Start of Excerpted records

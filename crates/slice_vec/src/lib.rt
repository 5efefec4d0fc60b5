//! A list in memory that the caller lends.
#![tactic(auto)]

ghost use Rattle.std.specs.Prelude.{◌≡◌, ◌≤◌, ◌==◌, min, [], ◌∷◌, length, reverse};

use map::Same;

pub mod map;

/// At most `MAX` items: of the memory `capacity` places may be used, and the first `len` are.
/// A slice with a count, and no `Vec`: the memory is lent, and there is no heap.
#[derive(Drop)]
pub struct SliceVec<'a, T, const MAX: usize> {
    items: &'a mut [T],
    capacity: usize,
    len: usize,
    ghost counted: { capacity ≡ min (length items.now) MAX },
    ghost within: { len ≤ capacity },
}

impl<'a, T: Copy, const MAX: usize> SliceVec<'a, T, MAX> {
    ghost use Rattle.slice_vec.specs.Held.{held, empty_in, emptied, pushed, rewritten, room};

    /// An empty list in lent memory.
    pub fn new(items: &'a mut [T]) -> SliceVec<'a, T, MAX>
        ensures { held result ≡ empty_in items.old }
    {
        let capacity = items.len().min(MAX);
        SliceVec {
            items,
            capacity,
            len: 0,
        }
    }

    /// Empties the list. The memory stays as it is.
    pub fn clear(&mut self)
        ensures { held self.new ≡ emptied (held self.old) }
    {
        self.len = 0;
    }

    /// The items in use.
    pub fn as_slice(&self) -> &[T]
        ensures { result.now ≡ (held self.now).used }
    {
        &self.items[..self.len]
    }

    /// How many items are in use.
    pub fn len(&self) -> usize
        ensures count { result ≡ length (held self.now).used }
        ensures few { result ≤ MAX }
    {
        self.as_slice().len()
    }

    /// Whether none are.
    pub fn is_empty(&self) -> bool
        ensures { result ≡ (length (held self.now).used == 0) }
    {
        self.len == 0
    }

    /// How many items there is space for in all.
    pub fn capacity(&self) -> usize
        ensures { result ≡ room MAX (emptied (held self.now)) }
    {
        self.capacity
    }

    /// How many more items there is space for.
    pub fn space(&self) -> usize
        ensures { result ≡ room MAX (held self.now) }
    {
        self.capacity - self.len
    }

    /// Extends the list by an item, where there is space.
    pub fn push(&mut self, item: T)
        ensures { held self.new ≡ pushed MAX (held self.old) (item ∷ []) }
    {
        if self.space() > 0 {
            self.items[self.len] = item;
            self.len += 1;
        }
    }

    /// Extends the list by all of these items, where there is space for all.
    pub fn extend_from_slice(&mut self, items: &[T])
        ensures { held self.new ≡ pushed MAX (held self.old) items.now }
    {
        self.extend_by(items, &Same);
    }

    // No `as_mut_slice`: a `&mut` to a slice past a ghost field gets no proof, so the list is changed by calls.
    /// Puts the items in use in the other order.
    pub fn reverse(&mut self)
        ensures { held self.new ≡ rewritten (held self.old) (reverse (held self.old).used) }
    {
        self.items[..self.len].reverse();
    }
}
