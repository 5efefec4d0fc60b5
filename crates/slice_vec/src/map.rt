//! Lists by a function: changing the items in their places, and extending by what is made of others.
ghost use Rattle.std.specs.Prelude.{◌≡◌, length, map};

use crate::SliceVec;

/// A function from one item to another. Not a closure, since a call with one would require that it may be called.
pub trait Map<S, T> {
    ghost image: { Self → S → T };

    fn image(&self, source: S) -> T
        ensures { result ≡ image self.now source };
}

/// Each item stays as it is.
pub(crate) struct Same;

impl<T> Map<T, T> for Same {
    ghost image = { λ _ x. x };

    fn image(&self, source: T) -> T {
        source
    }
}

fn change_each<T: Copy, M: Map<T, T>>(items: &mut [T], by: &M)
    ensures { items.new ≡ map (M.image by.now) items.old }
{
    for item in items.iter_mut() {
        *item = by.image(*item);
    }
}

fn write_each<S: Copy, T: Copy, M: Map<S, T>>(items: &mut [T], sources: &[S], by: &M)
    requires { length items.old ≡ length sources.now }
    ensures { items.new ≡ map (M.image by.now) sources.now }
{
    // By number: over `items.iter_mut().zip(sources)` nothing is known of what was written.
    for (i, source) in sources.iter().enumerate() {
        items[i] = by.image(*source);
    }
}

impl<'a, T: Copy, const MAX: usize> SliceVec<'a, T, MAX> {
    ghost use Rattle.slice_vec.specs.Held.{held, pushed, rewritten};

    /// Changes each item in use.
    pub fn change_all<M: Map<T, T>>(&mut self, by: &M)
        ensures { held self.new ≡ rewritten (held self.old) (map (M.image by.now) (held self.old).used) }
    {
        change_each(&mut self.items[..self.len], by);
    }

    /// Extends the list by what becomes of each source, where there is space for all.
    pub fn extend_by<S: Copy, M: Map<S, T>>(&mut self, sources: &[S], by: &M)
        ensures { held self.new ≡ pushed MAX (held self.old) (map (M.image by.now) sources.now) }
    {
        if sources.len() <= self.space() {
            let end = self.len + sources.len();
            write_each(&mut self.items[self.len..end], sources, by);
            self.len = end;
        }
    }
}
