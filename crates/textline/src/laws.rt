//! What holds of lines and fields, whatever reads them.

ghost use Rattle.std.specs.Prelude.{◌≡◌, ◌<◌, ◌⊎◌, ℕ, List, [], ◌∷◌, ◌++◌, length};
ghost use Rattle.std.specs.List.{AllByRecursion};
ghost use Rattle.textline.specs.Lines.{Lacks, text_of, lines_of, line_of, fields_of};

/// Lines that are printed are read again, with the last line's end or without it, and nothing else is.
pub fn lines_are_read_again()
    ensures whole { (lines : List (List ℕ)) → AllByRecursion (Lacks 10) lines → lines_of (text_of lines) ≡ lines }
    ensures cut { (lines : List (List ℕ)) (last : List ℕ) → AllByRecursion (Lacks 10) lines → Lacks 10 last → 0 < length last →
        lines_of (text_of lines ++ last) ≡ lines ++ last ∷ [] }
    ensures lack { (text : List ℕ) → AllByRecursion (Lacks 10) (lines_of text) }
    ensures nothing_else { (text : List ℕ) → (text ≡ text_of (lines_of text)) ⊎ (text ++ 10 ∷ [] ≡ text_of (lines_of text)) }
{}

/// Fields that are printed are read again, and nothing else is.
pub fn fields_are_read_again()
    ensures again { (fields : List (List ℕ)) → 0 < length fields → AllByRecursion (Lacks 32) fields → fields_of (line_of fields) ≡ fields }
    ensures lack { (line : List ℕ) → AllByRecursion (Lacks 32) (fields_of line) }
    ensures nothing_else { (line : List ℕ) → line ≡ line_of (fields_of line) }
{}
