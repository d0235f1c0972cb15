//! The parts that hold an image.

ghost use Rattle.std.specs.Prelude.{◌≡◌, ◌++◌, OnOk};
ghost use Rattle.std.specs.List.{flat_map};
ghost use Rattle.elfwrite.specs.Written as written;

use crate::bytes::{put_code, put_filled, put_halves, put_words};
use isa::{Image, Note};
use prunum::Memory;

fn put_note(out: &mut Vec<u8>, note: &Note) -> Result<(), Memory>
    ensures { OnOk result (out.new.items ≡ out.old.items ++ written.note_bytes note.now) }
{
    put_halves(out, &[u64::from(note.word)])?;
    out.extend_from_slice(&[note.kind.number(), 0])?;
    put_words(out, &[u64::from(note.value)])
}

fn put_notes(out: &mut Vec<u8>, notes: &[Note]) -> Result<(), Memory>
    ensures { OnOk result (out.new.items ≡ out.old.items ++ flat_map written.note_bytes notes.now) }
{
    for note in notes {
        put_note(out, note)?;
    }
    Ok(())
}

/// The words, the data and the notes.
pub fn put_image(out: &mut Vec<u8>, image: &Image) -> Result<(), Memory>
    ensures { OnOk result (out.new.items ≡ out.old.items ++ written.image_bytes image.now) }
{
    put_code(out, image.words())?;
    put_filled(out, image.init())?;
    put_notes(out, image.notes())
}
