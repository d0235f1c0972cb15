ghost use Rattle.std.specs.Prelude.{◌≡◌, ◌∷◌, ◌++◌, MatchOption};
ghost use Rattle.textline.specs.Lines.{Lacks};

/// What stands before the first such byte, and what stands behind it. `None` where there is none.
pub fn split_once(text: &[u8], byte: u8) -> Option<(&[u8], &[u8])>
    ensures { MatchOption result (Lacks byte text.now)
        (λ parts. Lacks byte parts.0.now × (text.now ≡ parts.0.now ++ byte ∷ parts.1.now)) }
{
    for (place, b) in text.iter().enumerate() {
        if *b == byte {
            return Some((&text[..place], &text[place + 1..]));
        }
    }
    None
}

End of Excerpted records

What is expected –
One stretch of the lines above is wanted, from the line that contains "pub fn split_once(text: &[u8], byte: u8)" through the line that contains "if *b == byte". Output it exactly.

Exercise answer –
pub fn split_once(text: &[u8], byte: u8) -> Option<(&[u8], &[u8])>
    ensures { MatchOption result (Lacks byte text.now)
        (λ parts. Lacks byte parts.0.now × (text.now ≡ parts.0.now ++ byte ∷ parts.1.now)) }
{
    for (place, b) in text.iter().enumerate() {
        if *b == byte {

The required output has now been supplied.